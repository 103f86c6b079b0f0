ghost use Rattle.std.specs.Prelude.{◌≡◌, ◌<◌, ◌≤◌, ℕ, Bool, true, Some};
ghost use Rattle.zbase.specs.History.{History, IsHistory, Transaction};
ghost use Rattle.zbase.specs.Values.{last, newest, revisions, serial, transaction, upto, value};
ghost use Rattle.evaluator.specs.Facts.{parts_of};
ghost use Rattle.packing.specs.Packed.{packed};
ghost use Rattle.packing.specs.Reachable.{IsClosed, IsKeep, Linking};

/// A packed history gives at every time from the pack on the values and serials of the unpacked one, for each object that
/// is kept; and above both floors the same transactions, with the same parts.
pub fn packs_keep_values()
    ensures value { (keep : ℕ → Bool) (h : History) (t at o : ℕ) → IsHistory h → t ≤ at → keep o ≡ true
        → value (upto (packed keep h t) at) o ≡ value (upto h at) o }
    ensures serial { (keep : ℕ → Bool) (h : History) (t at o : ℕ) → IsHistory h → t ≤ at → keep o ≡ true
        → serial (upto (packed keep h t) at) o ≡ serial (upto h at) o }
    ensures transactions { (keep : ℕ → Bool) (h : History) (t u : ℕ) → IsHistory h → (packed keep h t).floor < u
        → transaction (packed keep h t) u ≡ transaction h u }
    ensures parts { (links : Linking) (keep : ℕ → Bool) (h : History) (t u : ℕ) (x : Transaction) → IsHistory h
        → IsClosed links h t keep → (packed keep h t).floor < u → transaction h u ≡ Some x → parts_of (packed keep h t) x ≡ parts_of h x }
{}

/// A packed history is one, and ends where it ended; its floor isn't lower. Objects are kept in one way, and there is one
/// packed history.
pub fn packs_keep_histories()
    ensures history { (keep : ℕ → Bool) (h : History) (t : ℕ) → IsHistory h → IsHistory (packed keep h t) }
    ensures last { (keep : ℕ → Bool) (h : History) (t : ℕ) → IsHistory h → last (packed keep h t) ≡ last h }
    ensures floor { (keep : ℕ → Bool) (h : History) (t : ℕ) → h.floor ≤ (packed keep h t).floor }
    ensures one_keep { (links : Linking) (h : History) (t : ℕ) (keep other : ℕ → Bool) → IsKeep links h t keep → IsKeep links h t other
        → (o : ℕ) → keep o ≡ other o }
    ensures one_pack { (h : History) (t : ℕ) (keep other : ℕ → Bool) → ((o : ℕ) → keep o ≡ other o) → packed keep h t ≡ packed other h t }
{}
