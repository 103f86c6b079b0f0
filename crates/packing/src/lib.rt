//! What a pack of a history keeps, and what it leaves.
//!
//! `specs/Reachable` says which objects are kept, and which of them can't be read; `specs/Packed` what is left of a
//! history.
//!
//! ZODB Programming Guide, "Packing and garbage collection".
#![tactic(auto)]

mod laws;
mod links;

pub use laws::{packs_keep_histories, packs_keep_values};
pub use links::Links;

• • • • •

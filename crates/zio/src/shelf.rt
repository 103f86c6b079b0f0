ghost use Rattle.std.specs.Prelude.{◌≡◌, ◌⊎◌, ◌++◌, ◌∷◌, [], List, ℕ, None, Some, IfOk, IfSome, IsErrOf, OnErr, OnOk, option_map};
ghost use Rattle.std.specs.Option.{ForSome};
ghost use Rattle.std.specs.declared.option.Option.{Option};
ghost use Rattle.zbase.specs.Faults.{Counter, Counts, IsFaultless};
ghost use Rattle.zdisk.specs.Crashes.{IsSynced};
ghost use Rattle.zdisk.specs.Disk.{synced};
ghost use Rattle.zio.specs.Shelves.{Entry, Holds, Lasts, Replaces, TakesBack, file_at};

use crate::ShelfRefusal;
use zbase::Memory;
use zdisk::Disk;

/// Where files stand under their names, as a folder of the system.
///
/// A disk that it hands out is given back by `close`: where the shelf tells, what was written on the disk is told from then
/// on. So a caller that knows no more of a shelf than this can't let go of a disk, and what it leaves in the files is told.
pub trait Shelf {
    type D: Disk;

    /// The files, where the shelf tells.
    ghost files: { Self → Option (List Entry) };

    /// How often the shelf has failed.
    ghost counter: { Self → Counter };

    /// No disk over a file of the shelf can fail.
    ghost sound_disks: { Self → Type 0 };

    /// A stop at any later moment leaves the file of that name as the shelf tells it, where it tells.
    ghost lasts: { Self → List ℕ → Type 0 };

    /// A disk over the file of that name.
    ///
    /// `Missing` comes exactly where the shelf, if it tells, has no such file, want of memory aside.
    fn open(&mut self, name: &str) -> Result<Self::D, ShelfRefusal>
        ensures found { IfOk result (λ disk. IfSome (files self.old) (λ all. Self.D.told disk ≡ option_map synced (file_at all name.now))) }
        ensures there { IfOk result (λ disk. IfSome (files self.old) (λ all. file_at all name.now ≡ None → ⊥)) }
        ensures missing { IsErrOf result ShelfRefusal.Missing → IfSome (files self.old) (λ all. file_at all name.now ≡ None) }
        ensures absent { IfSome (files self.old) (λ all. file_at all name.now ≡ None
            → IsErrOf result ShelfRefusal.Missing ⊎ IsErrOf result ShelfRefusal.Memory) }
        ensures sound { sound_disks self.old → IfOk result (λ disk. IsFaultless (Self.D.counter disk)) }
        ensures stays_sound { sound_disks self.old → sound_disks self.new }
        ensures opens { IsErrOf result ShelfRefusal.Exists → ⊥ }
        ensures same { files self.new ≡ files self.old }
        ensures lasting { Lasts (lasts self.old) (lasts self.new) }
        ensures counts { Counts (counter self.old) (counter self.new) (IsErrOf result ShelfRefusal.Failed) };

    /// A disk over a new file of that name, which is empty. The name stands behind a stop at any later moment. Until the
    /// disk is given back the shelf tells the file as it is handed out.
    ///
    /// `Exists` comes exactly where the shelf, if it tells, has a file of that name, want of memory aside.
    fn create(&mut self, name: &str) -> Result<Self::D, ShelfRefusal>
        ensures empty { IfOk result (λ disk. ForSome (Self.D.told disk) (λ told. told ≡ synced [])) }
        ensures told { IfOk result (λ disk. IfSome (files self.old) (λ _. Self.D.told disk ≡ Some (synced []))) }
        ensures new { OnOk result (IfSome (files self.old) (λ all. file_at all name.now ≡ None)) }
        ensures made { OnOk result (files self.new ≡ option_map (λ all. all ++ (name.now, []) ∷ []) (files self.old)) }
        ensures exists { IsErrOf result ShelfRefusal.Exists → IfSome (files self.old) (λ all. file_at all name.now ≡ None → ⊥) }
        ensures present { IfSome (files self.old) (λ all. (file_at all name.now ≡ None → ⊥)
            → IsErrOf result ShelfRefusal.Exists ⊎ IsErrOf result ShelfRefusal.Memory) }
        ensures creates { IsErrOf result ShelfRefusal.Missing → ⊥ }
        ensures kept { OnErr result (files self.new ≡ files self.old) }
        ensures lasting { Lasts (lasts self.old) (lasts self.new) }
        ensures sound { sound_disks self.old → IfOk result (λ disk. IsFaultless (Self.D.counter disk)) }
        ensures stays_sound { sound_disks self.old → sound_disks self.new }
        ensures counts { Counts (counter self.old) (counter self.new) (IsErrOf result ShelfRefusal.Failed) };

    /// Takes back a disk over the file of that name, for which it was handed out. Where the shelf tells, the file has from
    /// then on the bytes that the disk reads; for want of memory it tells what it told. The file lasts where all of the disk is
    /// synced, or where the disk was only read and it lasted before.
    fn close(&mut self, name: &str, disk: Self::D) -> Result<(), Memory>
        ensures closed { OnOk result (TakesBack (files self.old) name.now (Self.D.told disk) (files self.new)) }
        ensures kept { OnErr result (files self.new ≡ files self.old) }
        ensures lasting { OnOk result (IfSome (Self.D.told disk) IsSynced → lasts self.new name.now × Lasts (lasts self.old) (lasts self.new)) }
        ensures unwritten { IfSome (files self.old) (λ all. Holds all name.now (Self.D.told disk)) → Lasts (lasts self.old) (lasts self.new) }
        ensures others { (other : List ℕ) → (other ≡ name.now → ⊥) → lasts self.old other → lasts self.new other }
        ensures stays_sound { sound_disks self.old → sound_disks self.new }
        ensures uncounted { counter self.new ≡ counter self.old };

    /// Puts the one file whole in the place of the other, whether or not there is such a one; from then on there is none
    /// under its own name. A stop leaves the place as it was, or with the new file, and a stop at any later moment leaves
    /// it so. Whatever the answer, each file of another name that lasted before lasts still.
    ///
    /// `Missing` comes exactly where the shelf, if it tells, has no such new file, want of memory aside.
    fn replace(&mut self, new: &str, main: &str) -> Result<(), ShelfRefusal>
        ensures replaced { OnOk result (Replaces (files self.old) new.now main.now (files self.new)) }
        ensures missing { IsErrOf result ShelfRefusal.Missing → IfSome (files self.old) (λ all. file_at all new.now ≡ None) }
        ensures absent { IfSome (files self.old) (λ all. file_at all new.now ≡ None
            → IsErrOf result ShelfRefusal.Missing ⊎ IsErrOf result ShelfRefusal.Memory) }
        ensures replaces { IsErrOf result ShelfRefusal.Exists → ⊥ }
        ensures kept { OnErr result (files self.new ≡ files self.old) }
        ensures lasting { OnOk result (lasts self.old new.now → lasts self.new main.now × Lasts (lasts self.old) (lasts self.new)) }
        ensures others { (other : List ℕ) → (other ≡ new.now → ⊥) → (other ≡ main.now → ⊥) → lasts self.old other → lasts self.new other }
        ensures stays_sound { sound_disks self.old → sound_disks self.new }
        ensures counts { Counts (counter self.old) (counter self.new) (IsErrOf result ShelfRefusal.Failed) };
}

• • • • •

*EXERCISE*
Pull every line containing the string "laws" out of the data above and copy it.

*WRITTEN ANSWER*
mod laws;
pub use laws::{packs_keep_histories, packs_keep_values};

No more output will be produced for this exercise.